BayesWitnesses / m2cgen

Transform ML models into a native code (Java, C, Python, Go, JavaScript, Visual Basic, C#, R, PowerShell, PHP, Dart, Haskell, Ruby, F#, Rust) with zero dependencies
MIT License
2.8k stars 241 forks source link

XGBoost GCC Memory Allocation Error: cc1plus.exe: out of memory allocating 65536 bytes #590

Open awt42069 opened 5 months ago

awt42069 commented 5 months ago

Hi,

I am having a GCC compiler problem when deploying XGBoost C models that were converted using m2cgen. This occurs with at least gcc9 and gcc12 that I have tested, but not a problem with MSVC. The error in particular:

[build] cc1plus.exe: out of memory allocating 65536 bytes

Changing the build type from Release to Debug will remove the error. Also, reducing the optimization to O1 can sometimes fix the problem depending on model size, likely keeping it just under the 3GB limit. The embedded platform is Linux based so we must use GCC and to meet timing would prefer O2 optimization.

I have tried to make the address space larger to 3GB using this approach: https://www.intel.com/content/www/us/en/support/programmable/articles/000086946.html,

That does not solve the problem since models may become very large. The .c files is ~20MB but could be larger depending on the early stopping criteria.

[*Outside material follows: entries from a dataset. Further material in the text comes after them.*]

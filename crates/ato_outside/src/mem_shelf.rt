ghost use Rattle.std.specs.Prelude.{◌≡◌, IsErrOf};
ghost use Rattle.std.specs.FinMap as map;
ghost use Rattle.ato_outside.specs.Files.{files_of};
ghost use Rattle.ato_outside.specs.Causes.{Counts};
ghost use Rattle.ato_outside.specs.Shelf.{IsAnswer, Fits};
ghost use Rattle.ato_outside.specs.MemoryShelf.{GetsInMemory, GetsByNumber, is_failing};

use crate::entries::Entries;
use crate::numbered::is_listed;
use crate::{Got, Shelf, ShelfError};
use ato_base::{List, Text};
use std::marker::Model;

/// A shelf in memory, which fails the calls of the given numbers.
///
/// Contracts see it as its files, the numbers, the calls so far, and its counts of faults and
/// misses.
#[derive(Debug, Drop)]
pub struct MemShelf {
    files: Entries,
    fail: List<u32>,
    calls: u64,
    faults: u64,
    misses: u64,
}

impl Model for MemShelf {
    ghost use Rattle.ato_outside.specs.MemoryShelf.{MemoryShelf, shelf_code};

    ghost Value = { MemoryShelf };

    ghost coded = { shelf_code };

    ghost view = { λ it. record {
      files = it.files;
      fail = it.fail;
      calls = it.calls;
      faults = it.faults;
      misses = it.misses;
    } };
}

impl MemShelf {
    /// A shelf of these files. Of several entries for a name the first counts. Each `get` whose
    /// number, from 1, stands in `fail` answers Failed, and no other does.
    pub fn new(files: List<(Text, List<u8>)>, fail: List<u32>) -> MemShelf
        ensures { result ≡ record {
          files = files_of files;
          fail = fail;
          calls = 0;
          faults = 0;
          misses = 0;
        } }
    {
        MemShelf {
            files: Entries::from_list(files),
            fail,
            calls: 0,
            faults: 0,
            misses: 0,
        }
    }

    /// How many calls failed.
    pub fn faults(&self) -> u64
        ensures { result ≡ self.now.faults }
    {
        self.faults
    }

    /// How many calls found no file of their name.
    pub fn misses(&self) -> u64
        ensures { result ≡ self.now.misses }
    {
        self.misses
    }
}

impl Shelf for MemShelf {
    ghost use Rattle.std.specs.Prelude.{Some};

    ghost gets = { GetsInMemory };

    ghost files = { λ s. Some s.files };

    ghost faults = { λ s. s.faults };

    ghost misses = { λ s. s.misses };

    fn get(&mut self, name: &str, limit: usize, into: &mut Vec<u8>) -> Result<Got, ShelfError>
        ensures asked { GetsInMemory self.old name.now limit result into.new.items self.new }
        ensures same { self.new.files ≡ self.old.files }
        ensures told { IsAnswer (map.get self.old.files name.now) limit result into.new.items }
        ensures room { Fits limit result into.new.items }
        ensures faults { Counts self.old.faults self.new.faults (IsErrOf result ShelfError.Failed) }
        ensures misses { Counts self.old.misses self.new.misses (result ≡ Ok Got.Missing) }
        ensures numbered { GetsByNumber (is_failing self.old) self.old self.new result }
    {
        into.clear();
        self.calls = self.calls.saturating_add(1);
        if is_listed(self.fail.as_slice(), self.calls) {
            self.faults = self.faults.saturating_add(1);
            return Err(ShelfError::Failed);
        }
        let answer = self.files.read(name, limit, into);
        if answer == Ok(Got::Missing) {
            self.misses = self.misses.saturating_add(1);
        }
        answer
    }
}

Reducing the model size is an option but that will effect performance negatively.

The files are included in the following way, in the main area: extern "C" {

include "classifiers/xgboost_include_models.c"

}

then in classifiers/xgboost_include_models.c:

pragma once

include "./large_xgboost_model.c"

the m2cgen inference function inside large_xgboost_model.c is defined by: inline void predict_proba_my_inference(float input, float output) { } inline void softmax_0(float x, int size, float result) { }

Shallow learning models are ideal for small SWaP Linux deployments so this would be a good capability to have for XGBoost/m2cgen conversion. I am wondering if it is possible to re-factor the auto-generated code into several smaller functions, include the models in a different way, or any other possible option to compile larger, optimized, models in release mode.

Let me know if you have any suggestions or questions.